■ What the task requires
Which lines of the data below contain "static"? Please show them all.

■ Dataset entries
*** Block opens ***

//! Scripts of transactions: their texts, and what stands behind them.
use std::alloc::{AllocError, Global};
use std::test::Fail;
use trial_site::{INIT, Step, begins, extend, formatted, run_steps};

#[test]
fn two_transactions_are_open(rt: HostRuntime) -> Result<(), Fail> {
    let alloc = rt.alloc();
    let both = Step {
        words: "-T",
        script: "begin 1\nbegin 2\nwrite 1 A 0 0 aabb\nwrite 2 A 0 1 ccdd\ncommit 2\ncommit 1\n",
        text: "lines 6 commits 2 end 6\nok\n",
        status: "Ok",
    };
    assert!(rt; run_steps(&rt, alloc, &[INIT, both])?.is_some());
    Ok(())
}

#[test]
fn a_script_goes_on_with_what_stands(rt: HostRuntime) -> Result<(), Fail> {
    let alloc = rt.alloc();
    let begun = Step {
        words: "-T",
        script: "begin 1\nwrite 1 A 0 4079 ff\nwrite 1 A 0 4079 ffff\n",
        text: "lines 2 commits 0 end 2\nscript fault at line 3: range\n",
        status: "ScriptFault { line: 3, why: Range }",
    };
    let ended = Step {
        words: "-T",
        script: "commit 1\n",
        text: "lines 1 commits 1 end 3\nok\n",
        status: "Ok",
    };
    assert!(rt; run_steps(&rt, alloc, &[INIT, begun, ended])?.is_some());
    Ok(())
}

// The second line of a script, and why it is refused.
static REASONS: [(&str, &str); 10] = [
    ("write 2 B 4 4080 4", "words"),
    ("write 2 B 4 4080 41", "no space"),
    ("write 2 A 4 4080 41", "no page"),
    ("write 2 A 3 4080 41", "range"),
    ("write 2 A 3 4079 41", "not open"),
    ("commit 2", "not open"),
    ("abort 2", "not open"),
    ("begin 1", "already open"),
    ("begin 0", "words"),
    ("abort  1", "words"),
];

/// The first line stands, and the second is refused or the last.
#[test]
fn the_first_reason_is_told(rt: HostRuntime) -> Result<(), Fail> {
    let alloc = rt.alloc();
    let site = formatted(&rt, alloc, INIT.words)?;
    for (line, why) in REASONS {
        let script = format!(in alloc; "begin 1\n{line}")?;
        let ended = extend(&rt, alloc, &site, script.as_bytes())?;
        let want = format!(in alloc; "lines 1 commits 0 end 1\nscript fault at line 2: {why}\n")?;
        assert!(rt; ended.tells(want.as_str()), "{line}");
    }
    Ok(())
}

// A script, its text, and its status.
static ENDS: [(&str, &str, &str); 4] = [
    ("", "lines 0 commits 0 end 0\nok\n", "Ok"),
    ("begin 1\nabort 1", "lines 2 commits 0 end 2\nok\n", "Ok"),
    (
        "\nbegin 1\n\ncommit 1\ncommit 1\nbegin 2\n",
        "lines 2 commits 1 end 2\nscript fault at line 5: not open\n",
        "ScriptFault { line: 5, why: NotOpen }",
    ),
    (
        "begin 1\nabort 1\nbegin 1\nbegin 1",
        "lines 3 commits 0 end 3\nscript fault at line 4: already open\n",
        "ScriptFault { line: 4, why: AlreadyOpen }",
    ),
];

#[test]
fn the_place_of_a_fault_is_told(rt: HostRuntime) -> Result<(), Fail> {
    let alloc = rt.alloc();
    let site = formatted(&rt, alloc, INIT.words)?;
    for (script, text, status) in ENDS {
        let ended = extend(&rt, alloc, &site, script.as_bytes())?;
        assert!(rt; ended.is(text, status), "{script}");
    }
    Ok(())
}

/// A script whose second line is this front, and so many digits.
fn long_line(alloc: Global, front: &str, digits: usize) -> Result<Vec<u8>, AllocError> {
    let mut script = Vec::from_slice(alloc, b"begin 1\n")?;
    script.extend_from_slice(front.as_bytes())?;
    for _ in 0..digits {
        script.push(b'4')?;
    }
    Ok(script)
}

// The front of a line, its digits, and the text.
static LONG_LINES: [(&str, usize, &str); 4] = [
    ("write 1 A 0 0 ", 128, "lines 2 commits 0 end 2\nok\n"),
    (
        "write 1 A 0 0 ",
        130,
        "lines 1 commits 0 end 1\nscript fault at line 2: words\n",
    ),
    (
        "",
        8_256,
        "lines 1 commits 0 end 1\nscript fault at line 2: words\n",
    ),
    (
        "",
        8_257,
        "lines 1 commits 0 end 1\nscript fault at line 2: line too long\n",
    ),
];

#[test]
fn the_longest_line_is_taken(rt: HostRuntime) -> Result<(), Fail> {
    let alloc = rt.alloc();
    let site = formatted(&rt, alloc, INIT.words)?;
    for (front, digits, text) in LONG_LINES {
        let script = long_line(alloc, front, digits)?;
        let ended = extend(&rt, alloc, &site, &script)?;
        assert!(rt; ended.tells(text), "{digits}");
    }
    Ok(())
}

// What follows 64 Begins, and the text.
static BEHIND_64: [(&str, &str); 5] = [
    ("", "lines 64 commits 0 end 64\nok\n"),
    (
        "begin 65",
        "lines 64 commits 0 end 64\nscript fault at line 65: too many open\n",
    ),
    (
        "begin 64",
        "lines 64 commits 0 end 64\nscript fault at line 65: already open\n",
    ),
    (
        "commit 65",
        "lines 64 commits 0 end 64\nscript fault at line 65: not open\n",
    ),
    ("abort 64\nbegin 65", "lines 66 commits 0 end 66\nok\n"),
];

#[test]
fn no_more_than_64_transactions_are_open(rt: HostRuntime) -> Result<(), Fail> {
    let alloc = rt.alloc();
    let site = formatted(&rt, alloc, INIT.words)?;
    for (line, text) in BEHIND_64 {
        let mut script = begins(alloc, 64)?;
        script.extend_from_slice(line.as_bytes())?;
        let ended = extend(&rt, alloc, &site, &script)?;
        assert!(rt; ended.tells(text), "{line}");
    }
    Ok(())
}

*** Block closes ***

■ Problem solution
static REASONS: [(&str, &str); 10] = [
static ENDS: [(&str, &str, &str); 4] = [
static LONG_LINES: [(&str, usize, &str); 4] = [
static BEHIND_64: [(&str, &str); 5] = [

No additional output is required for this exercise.